# Ducks as pets



## ProsperosDaughter (Feb 3, 2018)

Last night I had a dream I had a duck as a pet. It was so cute and seemed very affectionate. Needless to say I would never take any action based on a dream. However I am curious if anyone here has now or has ever had a duck as a pet.

Thanks for reading


----------



## tortiecat (Feb 3, 2018)

One of my favourite authors(Louise Penny) has a character in her books who has
a duck for a pet.  Like most birds, if the first thing they see is a human, that is who
they become attached to.


----------



## ProsperosDaughter (Feb 3, 2018)

I read the book where she acquired the duck; but have not read the next one yet. (I am way behind in my reading list.) 

So I need to be there when they crack open?


----------



## RadishRose (Feb 3, 2018)

Well, pretty close, anyway I'd guess. At least before it gets attached to it's mother or anyone else.


----------



## Seeker (Feb 3, 2018)

We never had any as actual pets but we do have a pond and in the past we had lots of Mallards. this is one of my favorite pics of them.


----------



## Falcon (Feb 3, 2018)

I'd rather have a duck as a pet  than a chicken.

There's a cemetery  up the street from me.  They have a beautiful  landscaped  pond and a flock of ducks.

I see them flying around during the day then head back to their nests  in the late afternoon.

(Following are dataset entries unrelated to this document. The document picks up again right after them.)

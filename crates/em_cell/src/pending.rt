ghost use Rattle.std.specs.Prelude.{◌≡◌, ◌<◌, [], OnErr, IfOk, IfErr, IsOk};
ghost use Rattle.em_record.specs.Count.{Rose};
ghost use Rattle.em_frames.specs.Pool.{GivenFrames, given};
ghost use Rattle.em_space.specs.Rig.{Sound, Touches, DeviceCause, Owes, MovesToAlloc};
ghost use Rattle.em_space.specs.Seen.{seen};
ghost use Rattle.em_cell.specs.Calls.{MovesOne, TakesBlock, Awaits, AwaitsNone, Finishes};
ghost use Rattle.em_cell.specs.Cell.{IsPending, HasItsFrame, pending_blocks};

use crate::cell::{Cell, lay_out};
use em_frames::{Device, Frame};
use em_space::{EmFault, Rig};

/// A number that isn't stored yet. It holds a block and a frame, and can't be dropped: `finish`
/// stores it, and `abandon` lets it go.
pub struct Pending {
    block: u64,
    frame: Frame,
}

impl Pending {
    /// This number, for a new block, by the moves of `Rig::alloc`. After a fault no block is taken.
    ///
    /// `Full` comes exactly if all blocks are in use, `Damaged` where the first of the freed
    /// blocks isn't laid out as one.
    pub fn new<D: Device>(rig: &mut Rig<'_, D>, number: u64) -> Result<Pending, EmFault>
        requires sound { Sound (seen D.state rig.old) }
        requires free { 0 < (seen D.state rig.old).pool.free }
        ensures sound { Sound (seen D.state rig.new) }
        ensures touches { Touches [] (seen D.state rig.old) (seen D.state rig.new) }
        ensures awaits { IfOk result (Awaits (seen D.state rig.old) (seen D.state rig.new) number) }
        ensures none { OnErr result (AwaitsNone (seen D.state rig.old) (seen D.state rig.new)) }
        ensures takes { TakesBlock (seen D.state rig.old) (seen D.state rig.new) result }
        ensures moves { MovesToAlloc (seen D.state rig.old) (seen D.state rig.new) }
        ensures owes { Owes 1 (seen D.state rig.old) (seen D.state rig.new) }
    {
        let block = rig.alloc()?;
        let mut frame = rig.lend();
        lay_out(&mut frame, number);
        Ok(Pending { block, frame })
    }

    /// Stores the number, by one move, and gives the frame back.
    pub fn finish<D: Device>(self, rig: &mut Rig<'_, D>) -> Result<Cell, EmFault>
        requires sound { Sound (seen D.state rig.old) }
        requires is { IsPending (seen D.state rig.old) self }
        ensures sound { Sound (seen D.state rig.new) }
        ensures touches { Touches (pending_blocks self)
            (seen D.state rig.old) (seen D.state rig.new) }
        ensures frames { GivenFrames 1 (seen D.state rig.old).pool (seen D.state rig.new).pool }
        ensures moved { MovesOne (seen D.state rig.old) (seen D.state rig.new) }
        ensures finished { IfOk result (Finishes (seen D.state rig.new) self) }
        ensures complete { (Rose (seen D.state rig.old).device.faults
            (seen D.state rig.new).device.faults → ⊥) → IsOk result }
        ensures cause { IfErr result (DeviceCause (seen D.state rig.old) (seen D.state rig.new)) }
        ensures owes { Owes 0 (seen D.state rig.old) (seen D.state rig.new) }
    {
        let Pending { block, frame } = self;
        let stored = rig.store(block, &frame);
        rig.give(frame);
        stored?;
        Ok(Cell { block })
    }

    /// Gives the frame back, and nothing else: the block stays in use, and no move is made.
    pub fn abandon<D: Device>(self, rig: &mut Rig<'_, D>)
        requires sound { Sound (seen D.state rig.old) }
        requires frame { HasItsFrame (seen D.state rig.old) self }
        ensures sound { Sound (seen D.state rig.new) }
        ensures touches { Touches [] (seen D.state rig.old) (seen D.state rig.new) }
        ensures given { seen D.state rig.new
            ≡ record (seen D.state rig.old) { pool = given (seen D.state rig.old).pool } }
    {
        let Pending { block: _, frame } = self;
        rig.give(frame);
    }
}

I took my ladyfriend up there to see them.  There were little baby ducklings  swimming around and the lady picked up one and cuddled it.


----------



## RadishRose (Feb 3, 2018)

Awwww...


----------



## ProsperosDaughter (Feb 3, 2018)

Seeker,
That is such a great pic. I did a google search and there is a duck rescue place very close to where I live. I am going to call and ask if I can volunteer. Other than feeding them occasionally at a park I do not know anything about ducks.


----------



## jujube (Feb 3, 2018)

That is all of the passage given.